BEGIN MATERIAL SUPPLIED
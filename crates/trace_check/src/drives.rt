// What the drives took, compared with the cycles that were made.

ghost use Rattle.std.specs.Prelude.{◌≡◌, ◌+◌, ◌<◌, ◌^◌, IfOk, OnOk, length, map};
ghost use Rattle.trace_text.specs.Trace.{drive_records};
ghost use Rattle.trace_text.specs.Records.{drive_fields, padded};
ghost use Rattle.trace_check.specs.Replays.{with_taken};
ghost use Rattle.trace_check.specs.Stops.{Compares, StopsAt, Tells};

use crate::difference::{Stop, differing};
use crate::record::Record;
use itoa::Buffer;
use motion_history::{Config, OutOfMemory, axis_name, name_text};
use std::alloc::Global;
use trace_columns::drive_state_text;
use trace_text::{DriveEndRow, Trace};

// The record of what the drive of an axis took.
fn drive_record(
    alloc: Global,
    config: &Config,
    axis: usize,
    drive: &DriveEndRow,
) -> Result<Record, OutOfMemory>
    ensures { IfOk result (λ r. r ≡ padded (drive_fields config.now axis drive.now)) }
{
    let name = axis_name(config, axis);
    let mut taken = Buffer::new();
    let mut actual = Buffer::new();
    Record::new(
        alloc,
        &[
            b"drive",
            name_text(&name),
            taken.format(drive.taken).as_bytes(),
            drive_state_text(drive.state).as_bytes(),
            actual.format(drive.actual).as_bytes(),
            b"",
            b"",
            b"",
            b"",
            b"",
            b"",
            b"",
        ],
    )
}

// What a drive took, with a setpoint in each of this many cycles.
fn taken_in(cycles: u32, drive: &DriveEndRow) -> DriveEndRow
    ensures { result ≡ with_taken cycles drive.now }
{
    DriveEndRow {
        taken: cycles,
        ..*drive
    }
}

// The drive of an axis took another number of setpoints.
fn wrong_drive(
    alloc: Global,
    config: &Config,
    axis: usize,
    drive: &DriveEndRow,
    cycles: u32,
    place: u64,
) -> Stop
    ensures { Tells place (padded (drive_fields config.now axis (with_taken cycles drive.now)))
        (padded (drive_fields config.now axis drive.now)) result }
{
    let Ok(expected) = drive_record(alloc, config, axis, &taken_in(cycles, drive)) else {
        return Stop::OutOfMemory;
    };
    let Ok(found) = drive_record(alloc, config, axis, drive) else {
        return Stop::OutOfMemory;
    };
    differing(place, expected, found)
}

/// Whether each drive took a setpoint in each of this many cycles, from a place on.
pub fn check_drives(alloc: Global, trace: &Trace, cycles: u32, place: u64) -> Result<(), Stop>
    requires { place + length trace.now.drives < 2 ^ 64 }
    ensures compared { Compares place
        (drive_records trace.now.config (map (with_taken cycles) trace.now.drives))
        (drive_records trace.now.config trace.now.drives) result }
    ensures taken { OnOk result
        (map (with_taken cycles) trace.now.drives ≡ trace.now.drives) }
{
    let drives = trace.drives();
    for i in 0..drives.len() {
        if drives[i].taken != cycles {
            let place = place + i as u64;
            return Err(wrong_drive(alloc, trace.config(), i, &drives[i], cycles, place));
        }
    }
    Ok(())
}
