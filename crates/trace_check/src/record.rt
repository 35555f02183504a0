// A record of a trace, as a user is shown it.

ghost use Rattle.std.specs.Prelude.{◌≡◌, ◌<◌, ℕ, [], List, IfOk, length, map, slice_index_or, slice_set};
ghost use Rattle.csv.specs.Records.{fields_of};
ghost use Rattle.line_text.specs.Texts.{texts};
ghost use Rattle.trace_text.specs.reading.Reading as spec;

use csv::ByteRecord;
use line_text::says;
use motion_history::OutOfMemory;
use std::alloc::Global;
use std::marker::Model;
use trace_columns::field;

/// How many fields a record has.
pub const FIELDS: usize = 12;

/// A record of a trace. Contracts see it as a list of twelve texts.
#[derive(Drop)]
pub struct Record {
    row: ByteRecord,
}

impl Model for Record {
    ghost use Rattle.std.specs.Prelude.{◌≡◌, ℕ, List, length};
    ghost use Rattle.csv.specs.Records.{fields_of};
    ghost use Rattle.trace_check.specs.declared.record.TheConstants.{FIELDS};

    ghost Value = { List (List ℕ) };

    ghost view = { λ r. fields_of r.row };

    ghost invariant = { λ r. length (fields_of r.row) ≡ FIELDS };
}

impl Record {
    /// A record of these fields.
    pub fn new(alloc: Global, fields: &[&[u8]; FIELDS]) -> Result<Record, OutOfMemory>
        ensures { IfOk result (λ r. r ≡ texts fields.now) }
    {
        let Ok(row) = ByteRecord::from_fields(alloc, fields) else {
            return Err(OutOfMemory);
        };
        Ok(Record { row })
    }

    /// The record of a row of twelve fields. One of another number is given up.
    pub fn of_row(row: ByteRecord) -> Result<Record, OutOfMemory>
        ensures { IfOk result (λ r. r ≡ fields_of row) }
    {
        if row.len() == FIELDS {
            Ok(Record { row })
        } else {
            Err(OutOfMemory)
        }
    }

    /// The record with another last field.
    pub fn with_last(&self, alloc: Global, last: &[u8]) -> Result<Record, OutOfMemory>
        ensures { IfOk result (λ r. r ≡ slice_set self.now 11 last.now) }
    {
        let row = &self.row;
        let fields = [
            field(row, 0),
            field(row, 1),
            field(row, 2),
            field(row, 3),
            field(row, 4),
            field(row, 5),
            field(row, 6),
            field(row, 7),
            field(row, 8),
            field(row, 9),
            field(row, 10),
            last,
        ];
        Record::new(alloc, &fields)
    }

    /// How many fields it has: twelve.
    pub fn len(&self) -> u32
        ensures fields { result ≡ length self.now }
        ensures twelve { result ≡ FIELDS }
    {
        self.row.len() as u32
    }

    /// The field at a place counted from 0, empty where there is none.
    pub fn field(&self, place: usize) -> &[u8]
        ensures { result.now ≡ slice_index_or self.now place [] }
    {
        field(&self.row, place)
    }

    /// Whether it is the same as another.
    pub fn is_same(&self, other: &Record) -> bool
        ensures { result ≡ spec.are_same self.now other.now }
    {
        for i in 0..FIELDS {
            if !says(field(&self.row, i), field(&other.row, i)) {
                return false;
            }
        }
        true
    }
}
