// The events of a trace, made on the kernel.

ghost use Rattle.std.specs.Prelude.{◌≡◌, ◌<◌, ◌++◌, ◌∷◌, [], IsTrue, length};
ghost use Rattle.motion_history.specs.Entries.{cycles_of};
ghost use Rattle.motion_history.specs.Looks.{told};
ghost use Rattle.motion_kernel.specs.Segments.{machine_now};
ghost use Rattle.motion_kernel.specs.Histories.{inputs_of};
ghost use Rattle.trace_check.specs.Events.{IsEvent};
ghost use Rattle.trace_check.specs.Replays as spec;
ghost use Rattle.trace_check.specs.Replays.{cycle_of, with_made_from};

use motion_history::{EntryLook, MOST_AXES};
use motion_kernel::SegmentedKernel;
use plc_types::{AxisRow, DriveIn, NO_ANSWER, NO_OUTPUT};

/// Whether the history has room for an entry more, and where it is a cycle also for that.
pub fn has_room(kernel: &SegmentedKernel, entry: &EntryLook<'_>) -> bool
    ensures { result ≡ spec.has_room kernel.now.config kernel.now.history (told entry.now) }
{
    let is_in_time = match entry {
        EntryLook::Cycle { .. } => kernel.cycles_left() != 0,
        _ => true,
    };
    kernel.room_left() != 0 && is_in_time
}

// The answers that the rows of a cycle show.
fn take_answers(rows: &[AxisRow], answers: &mut [DriveIn])
    requires { length answers.old ≡ length rows.now }
    ensures { answers.new ≡ inputs_of rows.now }
{
    for (i, row) in rows.iter().enumerate() {
        answers[i] = row.input;
    }
}

// Goes through a cycle with the answers that these rows show.
fn make_cycle(kernel: &mut SegmentedKernel, rows: &[AxisRow])
    requires room { length kernel.old.history < kernel.old.config.entries }
    requires cycle { cycles_of kernel.old.history < kernel.old.config.cycles }
    requires rows { length rows.now ≡ length kernel.old.config.axes }
    ensures { kernel.new ≡ record kernel.old {
      history = kernel.old.history ++
          cycle_of kernel.old.config (cycles_of kernel.old.history) (machine_now kernel.old)
          (inputs_of rows.now) ∷ [];
    } }
{
    let mut answers = [NO_ANSWER; MOST_AXES];
    let answers = &mut answers[..kernel.config().axes().len()];
    let mut outs = [NO_OUTPUT; MOST_AXES];
    take_answers(rows, answers);
    kernel.cycle(answers, &mut outs[..answers.len()]);
}

/// Makes the event of an entry, for which there is room.
pub fn make(kernel: &mut SegmentedKernel, entry: &EntryLook<'_>)
    requires room { IsTrue (spec.has_room kernel.old.config kernel.old.history (told entry.now)) }
    requires event { IsEvent kernel.old.config (told entry.now) }
    ensures { kernel.new ≡ record kernel.old {
      history = with_made_from kernel.old.config kernel.old.start kernel.old.history
          (told entry.now);
    } }
{
    match entry {
        EntryLook::Call {
            instance,
            inputs,
            ..
        } => {
            kernel.call(*instance, inputs);
        }
        EntryLook::Cycle { axes, .. } => make_cycle(kernel, axes),
        EntryLook::End { task } => kernel.end(*task),
    }
}
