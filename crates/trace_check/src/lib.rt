//! Replays a trace on the kernel, from opening on or from where a kernel begins, and verifies it:
//! legal, or the first record that differs. It stands on `trace_text`, which reads, and on
//! `motion_kernel`, which makes each entry anew; records are compared only where an entry differs.
//! Begin at [`check`] and [`Verdict`].
#![tactic(auto)]

mod difference;
mod drives;
mod entry;
mod laws;
mod making;
mod record;
mod replaying;
mod rows;
mod texts;
mod verdict;

pub use difference::Difference;
pub use laws::{
    kept_histories_are_read_back, migrated_traces_are_legal, traces_tell_their_history,
};
pub use motion_kernel::SegmentedKernel;
pub use record::Record;
pub use replaying::{Replayed, replay, replay_from};
pub use trace_text::{OutOfMemory, Trace, read_trace};
pub use verdict::{Verdict, check, check_from};
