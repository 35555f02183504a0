// The records of entries, read from the text that the writer of traces makes of them.

ghost use Rattle.std.specs.Prelude.{◌≡◌, ◌<◌, ℕ, IfOk, Some, slice_get};
ghost use Rattle.std.specs.Option.{option_map};
ghost use Rattle.trace_columns.specs.Records.{records_of};
ghost use Rattle.motion_history.specs.Looks.{told};
ghost use Rattle.trace_text.specs.Records.{padded};
ghost use Rattle.trace_text.specs.Trace.{entry_records};
ghost use Rattle.trace_text.specs.TraceState.{entry_of};
ghost use Rattle.trace_text.specs.declared.found.FoundEntry.{FoundEntry};
ghost use Rattle.trace_check.specs.FoundRecords.{found_entry_records};
ghost use Rattle.trace_text.specs.TraceKept.{IsTraceKept};

use crate::record::Record;
use csv::ByteRecord;
use itoa::Buffer;
use motion_history::{Config, EntryLook, OutOfMemory, TraceVersion};
use std::alloc::Global;
use trace_columns::{next_record, open_records};
use trace_text::{Trace, entry_piece, records_are_read_back};

// The record at a place of a text, counted from 0. It is there, and has twelve fields.
fn record_at(alloc: Global, text: &[u8], place: usize) -> Result<Record, OutOfMemory>
    ensures { IfOk result (λ r. slice_get (records_of text.now) place ≡ Some r) }
{
    let mut rdr = open_records(alloc, text);
    let mut row = ByteRecord::new(alloc);
    for _ in 0..place {
        if !next_record(&mut rdr, &mut row)? {
            return Err(OutOfMemory);
        }
    }
    if !next_record(&mut rdr, &mut row)? {
        return Err(OutOfMemory);
    }
    Record::of_row(row)
}

/// The record of an entry at a place in it, counted from 0.
pub fn entry_record(
    alloc: Global,
    version: TraceVersion,
    config: &Config,
    entry: &EntryLook<'_>,
    place: usize,
) -> Result<Record, OutOfMemory>
    ensures { IfOk result (λ r.
        option_map padded (slice_get (entry_records version config.now (told entry.now)) place) ≡
        Some r) }
{
    // laws
    records_are_read_back();
    let text = entry_piece(alloc, version, config, entry)?;
    record_at(alloc, text.as_slice(), place)
}

/// The record of an entry as it is found, at a place in it: after a row stands the place that was
/// found with it.
pub fn found_record(
    alloc: Global,
    trace: &Trace,
    entry: u64,
    found: &EntryLook<'_>,
    place: usize,
) -> Result<Record, OutOfMemory>
    requires kept { IsTraceKept trace.now }
    requires few { place < 256 }
    ensures { (e : FoundEntry) → slice_get trace.now.found entry ≡ Some e →
        told found.now ≡ entry_of e → IfOk result (λ r.
        option_map padded
        (slice_get (found_entry_records trace.now.version trace.now.config e) place) ≡ Some r) }
{
    let config = trace.config();
    if place == 0 {
        let first = entry_record(alloc, trace.version(), config, found, 0)?;
        return Ok(first);
    }
    let record = entry_record(alloc, TraceVersion::One, config, found, place)?;
    match trace.actual_of(entry, (place - 1) as u8) {
        Some(actual) => {
            let mut digits = Buffer::new();
            record.with_last(alloc, digits.format(actual).as_bytes())
        }
        None => Ok(record),
    }
}
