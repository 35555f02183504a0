// The replay of a whole trace.

ghost use Rattle.std.specs.Prelude.{◌≡◌, ◌+◌, ◌≤◌, [], IfOk, length};
ghost use Rattle.trace_text.specs.Trace.{machine_records};
ghost use Rattle.trace_text.specs.declared.command.Command.{Command};
ghost use Rattle.motion_history.specs.declared.refused.TraceVersion.{TraceVersion};
ghost use Rattle.motion_kernel.specs.Segments.{at_opening};
ghost use Rattle.trace_text.specs.Held.{IsHeldOf};
ghost use Rattle.trace_text.specs.TraceKept.{IsTraceKept};
ghost use Rattle.trace_text.specs.TraceState.{TraceState};
ghost use Rattle.trace_check.specs.Progress.{EntriesReplay};
ghost use Rattle.trace_check.specs.Outcomes.{IsBehind, IsReplayed, IsReplayedFrom, Judges};

use crate::difference::{Difference, Stop};
use crate::drives::check_drives;
use crate::entry::replay_entry;
use motion_history::{Config, MOST_ENTRIES, OutOfMemory};
use motion_kernel::SegmentedKernel;
use std::alloc::Global;
use trace_text::Trace;

/// A trace that was replayed.
#[derive(Drop)]
pub enum Replayed {
    /// It is legal: the kernel has its history, the offsets of the rows too.
    Legal(SegmentedKernel),
    /// The first record that differs.
    IllegalAt(Difference),
}

// The number of the first record after the machine part.
fn first_place(config: &Config) -> u64
    ensures place { (v : TraceVersion) (c : Command) →
        result ≡ length (machine_records v c config.now) + 1 }
    ensures small { result ≤ 2000 }
    ensures room { config.now.entries ≤ MOST_ENTRIES }
{
    3 + config.axes().len() as u64
        + config.groups().len() as u64
        + config.tables().len() as u64
        + config.tasks().len() as u64
        + config.blocks().len() as u64
}

// Replays all entries, and answers the number of the first record after them.
fn replay_entries(alloc: Global, trace: &Trace, kernel: &mut SegmentedKernel) -> Result<u64, Stop>
    requires kept { IsTraceKept trace.now }
    requires config { kernel.old.config ≡ trace.now.config }
    requires empty { kernel.old.history ≡ [] }
    ensures replay { EntriesReplay trace.now kernel.old.start kernel.new result }
    ensures before { IfOk result (λ place. kernel.new.before ≡ kernel.old.before) }
{
    let mut place = first_place(trace.config());
    for entry in 0..trace.entries() {
        match replay_entry(alloc, trace, entry, place, kernel) {
            Ok(records) => place += records,
            Err(stop) => return Err(stop),
        }
    }
    Ok(place)
}

// Replays a trace on a kernel up to the first record that differs.
fn kernel_of(
    alloc: Global,
    trace: &Trace,
    mut kernel: SegmentedKernel,
) -> Result<SegmentedKernel, Stop>
    requires config { kernel.config ≡ trace.now.config }
    requires empty { kernel.history ≡ [] }
    ensures verifies { (whole : TraceState) → IsHeldOf whole trace.now →
        Judges kernel.start whole result }
    ensures before { IfOk result (λ k. k.before ≡ kernel.before) }
{
    // Its entries are as they are read.
    let _ = trace.entries();
    let place = match replay_entries(alloc, trace, &mut kernel) {
        Ok(place) => place,
        Err(stop) => return Err(stop),
    };
    let _ = kernel.history();
    match check_drives(alloc, trace, kernel.cycles_made(), place) {
        Ok(()) => Ok(kernel),
        Err(stop) => Err(stop),
    }
}

/// Replays a trace from where a kernel of its configuration begins, one entry at a time, the
/// answers of the drives being given. It takes memory for two records where they differ. What is
/// reported is so of each trace of which this is what is held.
pub fn replay_from(
    alloc: Global,
    trace: &Trace,
    kernel: SegmentedKernel,
) -> Result<Replayed, OutOfMemory>
    requires config { kernel.config ≡ trace.now.config }
    requires empty { kernel.history ≡ [] }
    ensures replay { IfOk result (IsReplayedFrom kernel.start trace.now) }
    ensures held { (whole : TraceState) → IsHeldOf whole trace.now →
        IfOk result (IsReplayedFrom kernel.start whole) }
    ensures before { IfOk result (IsBehind kernel.before) }
{
    match kernel_of(alloc, trace, kernel) {
        Ok(kernel) => Ok(Replayed::Legal(kernel)),
        Err(Stop::Differs(difference)) => Ok(Replayed::IllegalAt(difference)),
        Err(Stop::OutOfMemory) => Err(OutOfMemory),
    }
}

/// A kernel of a trace's configuration, at opening.
pub fn open_kernel(alloc: Global, trace: &Trace) -> Result<SegmentedKernel, OutOfMemory>
    ensures { IfOk result (λ k. k ≡ at_opening trace.now.config) }
{
    let config = trace.config().copy(alloc)?;
    SegmentedKernel::open(alloc, config)
}

/// Replays a trace on a kernel of its configuration, from opening on. It takes memory for the
/// kernel, and for two records where they differ.
pub fn replay(alloc: Global, trace: &Trace) -> Result<Replayed, OutOfMemory>
    ensures replay { IfOk result (IsReplayed trace.now) }
    ensures held { (whole : TraceState) → IsHeldOf whole trace.now →
        IfOk result (IsReplayed whole) }
{
    let kernel = open_kernel(alloc, trace)?;
    replay_from(alloc, trace, kernel)
}
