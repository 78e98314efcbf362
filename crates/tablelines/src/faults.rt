ghost use Rattle.std.specs.Prelude.{◌≡◌};
ghost use Rattle.tablelines.specs.Faults.{number_lem};

// Why a text makes no table. `tablewhy` has the words, specs/Faults.antt the same list by number.
#[derive(Clone, Copy, PartialEq, Eq)]
pub enum Fault {
    // Of the lines together.
    NoLayout = 1,
    LayoutFirst = 2,
    LayoutTwice = 3,

    // Of the words of a line; 17, too, though it stands among the rules.
    UnknownWord = 4,
    TwoDigits = 5,
    FourDigits = 6,
    ManyWords = 7,
    UnknownKind = 17,

    // Of a table's rules.
    HeaderLate = 8,
    HeaderOrder = 9,
    ManyHeaders = 10,
    ScopeOrder = 11,
    ManyScopes = 12,
    RowEarly = 13,
    IdOrder = 14,
    IdHigh = 15,
    TargetHigh = 16,

    // Of the text as a whole.
    LongText = 18,
    NoRoom = 19,
}

impl Fault {
    pub fn number(self) -> u32
        ensures { result ≡ number_lem self }
    {
        self as u32
    }
}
END MATERIAL SUPPLIED
All lines of the entries above where "empty" turns up should be reported.

    /// The field at a place counted from 0, empty where there is none.
    requires empty { kernel.old.history ≡ [] }
    requires empty { kernel.history ≡ [] }
    requires empty { kernel.history ≡ [] }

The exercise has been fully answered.